Scharf v. Tiegerman

In an action to recover damages for fraud and breach of contract, the plaintiffs appeal, as limited by their brief, from so much of an order of the Supreme Court, Nassau County (Collins, J.), dated November 1, 1988, as granted that branch of the defendants’ motion which was for summary judgment dismissing the plaintiffs’ third cause of action and denied that branch of their cross motion which was for summary judgment on that cause of action.

Ordered that the order is reversed insofar as appealed from, on the law, with costs, that branch of the defendants’ motion which was for summary judgment dismissing the third cause of action is denied, that branch of the plaintiffs’ cross motion which was for summary judgment on that cause of action is granted as to liability, and the matter is remitted to the Supreme Court, Nassau County, for an inquest on the issue of damages.

The Supreme Court erred in determining that the conduct of the defendants did not amount to a fraudulent misrepresentation but to "no more than mere silence”. It is well accepted that "the rule of caveat emptor * * * is applied with certain restrictions, and is not permitted to obtain in a case where it is plain [that] it was the duty of the vendor to acquaint the vendee with a material fact known to the former and unknown to the latter” (Rothmiller v Stein, 143 NY 581, 592).

In the instant case, that duty arose from the representation made by the defendants sellers that the subject property was a legal three-family dwelling. While they did provide a certificate of occupancy to evidence that fact, this representation *698was only as "good as far as it [went]” and was "accompanied with such a suppression of facts as [made] it convey a misleading impression” (Haberman v Greenspan, 82 Misc 2d 263, 265; Sheridan Drive-In v State of New York, 16 AD2d 400, 408; Restatement [Second] of Torts § 529). By making such a representation, the sellers had an affirmative duty to disclose any material facts relating to the substance of the representation which "might affect the recipient’s conduct in the transaction in hand” (Restatement [Second] of Torts § 529, comment b). The sellers have admitted on the record that they failed to disclose to the plaintiffs purchasers that the house was under investigation by the city in contemplation of revoking its nonconforming three-family status and that they had been unable, for well over a year, to obtain building permits allowing renovations and repairs to the house because of the controversy. The sellers also admitted that the failure to disclose was material inasmuch as several prospective purchasers had refused to enter into a contract to buy the house after being made aware of the city’s investigations. The evidence strongly points to the fact that the withholding of this information was a deliberate and intentional action by the sellers.

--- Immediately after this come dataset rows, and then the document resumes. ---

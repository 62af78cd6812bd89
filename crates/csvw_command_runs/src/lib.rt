//! The runs of the program over its files and two streams, without the pages for people: of a group, of a part of one and
//! of a table without metadata; and what they report on standard error.
//!
//! ```text
//! let asked = GroupRun {
//!     group: &group,
//!     mode: Mode::Standard,
//! };
//! let ended = run_group(alloc, asked, &mut opener, &mut out, &mut err);
//! ```
//!
//! # Promises
//!
//! - `run_group` opens the document, its resources and the files of the tables, runs over them, and hands the readers back
//!   (`RunsGroup`). `run_plain` does so for one table (`RunsPlain`).
//! - `tell_stop` writes the line of a stop (`line_of`) and returns its status. The status is 4 if memory, a file or a
//!   stream failed, else 3 (`TellsStop`).
//! - The status of an outcome is 0 if no fault is an error, else 1 (`outcome_status`). No status is above 4.
//! - A text that is asked for goes to the output (`GivesText`). Of `run_split`, `run_keys`, `run_join` and `run_one_part`
//!   only the bound of the status is promised.
#![tactic(auto)]

mod defaults;
mod group;
mod keys;
mod line;
mod parts;
mod plain;
mod plans;
mod profile;
mod reports;
mod resources;
mod split;
mod tell;
mod texts;

pub use defaults::{is_csv, is_default, is_whole};
pub use group::{Ended, GroupRun, run_group};
pub use keys::run_keys;
pub use parts::run_one_part;
pub use plain::{PlainTable, run_plain};
pub use profile::profile_of;
pub use reports::run_join;
pub use resources::resource_files;
pub use split::run_split;
pub use tell::{REFUSED, SUCCESS, send, tell_mistake, tell_stop};
pub use texts::{give_text, run_completions, run_explain, run_manual};
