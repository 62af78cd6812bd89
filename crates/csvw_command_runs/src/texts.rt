//! Texts that are asked for: explanations of codes, completions and the manual page.
ghost use Rattle.std.specs.Prelude.{◌≡◌, ◌≤◌};
ghost use Rattle.csvw_command_runs.specs.Answers.{GivesText};
ghost use Rattle.csvw_command_runs.specs.Answers.{Gives};
ghost use Rattle.csvw_streams.specs.Streams.{stream_of};

use crate::tell::{SUCCESS, send, tell_mistake, tell_stop};
use csvw_command_core::command_line;
use csvw_engine::Stop;
use csvw_explain::{push_codes, push_explanation};
use csvw_help::{Shell, push_completions, push_manual};
use csvw_text::Counted;
use std::alloc::{AllocError, Global};
use std::io::Write;

/// What is told if there is no code of a name.
const NO_CODE: &str = "csvw: there is no such code; `csvw explain` lists them\n";

/// What is told if there are no completions for a shell.
const NO_SHELL: &str = "csvw: completions are for bash, zsh or fish\n";

/// Sends a text. Returns the status, which is that of a stop if it can't be sent.
pub fn give_text<W: Write, V: Write>(text: &str, out: &mut Counted<W>, err: &mut Counted<V>) -> u8
    ensures given { GivesText text.now (stream_of W.contents out.old out.new) (stream_of V.contents err.old err.new) result }
    ensures bound { result ≤ 4 }
{
    if send(out, text.as_bytes()) {
        SUCCESS
    } else {
        tell_stop(&Stop::Write, err)
    }
}

/// Sends a text that was made. If there is none, that is told as a mistake.
fn give_made<W: Write, V: Write>(
    made: Result<Option<String>, AllocError>,
    mistake: &str,
    out: &mut Counted<W>,
    err: &mut Counted<V>,
) -> u8
    ensures gives { Gives (stream_of W.contents out.old out.new) (stream_of V.contents err.old err.new) result }
    ensures bound { result ≤ 4 }
{
    match made {
        Ok(Some(text)) => give_text(text.as_str(), out, err),
        Ok(None) => tell_mistake(mistake, err),
        Err(_) => tell_stop(&Stop::Memory, err),
    }
}

/// Returns the text on a code, or on all codes. Returns `None` if there is no such code.
fn explanation(alloc: Global, code: Option<&str>) -> Result<Option<String>, AllocError> {
    let mut text = String::new(alloc);
    let is_known = match code {
        Some(code) => push_explanation(&mut text, code)?,
        None => {
            push_codes(&mut text)?;
            true
        }
    };
    match is_known {
        true => Ok(Some(text)),
        false => Ok(None),
    }
}

/// Explains a code, or lists all codes.
pub fn run_explain<W: Write, V: Write>(
    alloc: Global,
    code: Option<&str>,
    out: &mut Counted<W>,
    err: &mut Counted<V>,
) -> u8
    ensures gives { Gives (stream_of W.contents out.old out.new) (stream_of V.contents err.old err.new) result }
    ensures bound { result ≤ 4 }
{
    give_made(explanation(alloc, code), NO_CODE, out, err)
}

/// Returns the completions for the shell of a name. Returns `None` if there are none for it.
fn completions(alloc: Global, name: &str) -> Result<Option<String>, AllocError> {
    let Some(shell) = Shell::of(name) else {
        return Ok(None);
    };
    let mut text = String::new(alloc);
    push_completions(&mut text, &command_line(alloc)?, shell)?;
    Ok(Some(text))
}

/// Writes the completions for the shell of a name.
pub fn run_completions<W: Write, V: Write>(
    alloc: Global,
    shell: &str,
    out: &mut Counted<W>,
    err: &mut Counted<V>,
) -> u8
    ensures gives { Gives (stream_of W.contents out.old out.new) (stream_of V.contents err.old err.new) result }
    ensures bound { result ≤ 4 }
{
    give_made(completions(alloc, shell), NO_SHELL, out, err)
}

/// Returns the manual page.
fn manual(alloc: Global) -> Result<Option<String>, AllocError> {
    let mut text = String::new(alloc);
    push_manual(&mut text, &command_line(alloc)?)?;
    Ok(Some(text))
}

/// Writes the manual page.
pub fn run_manual<W: Write, V: Write>(
    alloc: Global,
    out: &mut Counted<W>,
    err: &mut Counted<V>,
) -> u8
    ensures gives { Gives (stream_of W.contents out.old out.new) (stream_of V.contents err.old err.new) result }
    ensures bound { result ≤ 4 }
{
    give_made(manual(alloc), "", out, err)
}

The record belies the sellers’ contention that they thought the matter was "a dead letter” since, up until a few months before closing, they attempted, through their attorney, to have the city remove the "cloud” on their title which was rendering sale of the property difficult. In reply, the Corporation Counsel made it abundantly clear to the sellers’ attorney that the matter was still open.

The sellers’ reliance on this court’s decision in London v Courduff (141 AD2d 803) is misplaced. In that case, there was a specific disclaimer clause which negated any legally cognizable representations which could have created an exception to the general rule that a "seller of real property is under no duty to speak when the parties deal at arm’s length” (London v Courduff, supra, at 804). Further, in that case, there was no evidence of an active concealment of the type found in Haber-man v Greenspan (supra), which thwarted the purchasers’ ability to satisfy themselves as to the quality of their bargain.

Accordingly, the purchasers herein are entitled to partial summary judgment as to liability on their third cause of action. Brown, J. P., Kunzeman, Fiber and Balletta, JJ., concur.